> Task prompt:
From the first line of the data below, copy each line up to the one containing "line.old.items ++ hex_bytes", and include that line too.

> Collected data entries:
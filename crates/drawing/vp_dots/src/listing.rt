//! A line of a listing: a word, and bytes in hex.
ghost use Rattle.std.specs.Prelude.{◌≡◌, ◌≤◌, ◌<◌, ◌+◌, ◌*◌, ◌++◌, length};
ghost use Rattle.vp_dots.specs.Listing.{hex_bytes, listed};

use arrayvec::ArrayVec;

/// Appends a blank and two lower-case hex digits for each byte.
pub fn spell<const N: usize>(line: &mut ArrayVec<u8, N>, bytes: &[u8])
    requires { length line.old.items + 3 * length bytes.now ≤ N }
    ensures value { line.new.items ≡ line.old.items ++ hex_bytes bytes.now }
    ensures len { length line.new.items ≡ length line.old.items + 3 * length bytes.now }
{
    for byte in bytes {
        let mut digits = [0; 2];
        let _written = hex::encode_to_slice(&[*byte], &mut digits);
        line.push(b' ');
        line.push(digits[0]);
        line.push(digits[1]);
    }
}

/// Appends a line of a word and bytes, with its LF.
#[tactic(auto, unfolding(crate::specs::Listing::listed))]
pub fn list<const N: usize>(line: &mut ArrayVec<u8, N>, word: &[u8], bytes: &[u8])
    requires { length line.old.items + length word.now + 3 * length bytes.now < N }
    ensures value { line.new.items ≡ line.old.items ++ listed word.now bytes.now }
    ensures len { length line.new.items ≡ length line.old.items + length word.now + 3 * length bytes.now + 1 }
{
    let _fits = line.try_extend_from_slice(word);
    spell(line, bytes);
    line.push(b'\n');
}
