//! Why a stream is refused, by number and in words.
ghost use Rattle.std.specs.Prelude.{◌≡◌};
ghost use Rattle.vp_dots.specs.Faults.{number_of};

use thiserror::Error;

/// Why the data of a symbol is refused.
#[derive(Clone, Copy, Debug, PartialEq, Eq, Error)]
pub enum Why {
    /// There are no data.
    #[error("empty")]
    Empty,
    /// The symbol has no such character.
    #[error("character")]
    Char,
    /// There are too few or too many data.
    #[error("length")]
    Length,
    /// The code set in force doesn't allow this.
    #[error("set")]
    CodeSet,
    /// The printer doesn't draw this kind of symbol.
    #[error("unsupported")]
    Unsupported,
}

/// What is wrong with a stream.
#[derive(Clone, Copy, Debug, PartialEq, Eq, Error)]
pub enum Fault {
    /// No command begins with this lead and the byte after it.
    #[error("unknown command {0:02X} {1:02X}")]
    Unknown(u8, u8),
    /// The data of a symbol can't be encoded.
    #[error("symbol: {0}")]
    Symbol(Why),
    /// The data of a symbol are more than any symbol holds.
    #[error("symbol too long")]
    SymbolTooLong,
    /// The symbol is wider than the line.
    #[error("symbol too wide")]
    SymbolTooWide,
    /// A field is closed, and the format holds as many as it can.
    #[error("too many fields")]
    FieldsFull,
    /// A byte of a field is kept, and the format holds as many as it can.
    #[error("too much field data")]
    StoreFull,
    /// The codes of a picture can't be read.
    #[error("bad graphic")]
    Graphic,
    /// The stream ends inside a command.
    #[error("input ends inside a command")]
    Truncated,
    /// The stream ends before all is printed.
    #[error("input ends before printing")]
    Unprinted,
}

impl Fault {
    /// The number by which a fault is reported, 1 to 9.
    pub fn number(self) -> u8
        ensures { result ≡ number_of self }
    {
        match self {
            Fault::Unknown(_, _) => 1,
            Fault::Symbol(_) => 2,
            Fault::SymbolTooLong => 3,
            Fault::SymbolTooWide => 4,
            Fault::FieldsFull => 5,
            Fault::StoreFull => 6,
            Fault::Graphic => 7,
            Fault::Truncated => 8,
            Fault::Unprinted => 9,
        }
    }
}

> Exercise answer:
filename crates/drawing/vp_dots/src/listing.rt
//! A line of a listing: a word, and bytes in hex.
ghost use Rattle.std.specs.Prelude.{◌≡◌, ◌≤◌, ◌<◌, ◌+◌, ◌*◌, ◌++◌, length};
ghost use Rattle.vp_dots.specs.Listing.{hex_bytes, listed};

use arrayvec::ArrayVec;

/// Appends a blank and two lower-case hex digits for each byte.
pub fn spell<const N: usize>(line: &mut ArrayVec<u8, N>, bytes: &[u8])
    requires { length line.old.items + 3 * length bytes.now ≤ N }
    ensures value { line.new.items ≡ line.old.items ++ hex_bytes bytes.now }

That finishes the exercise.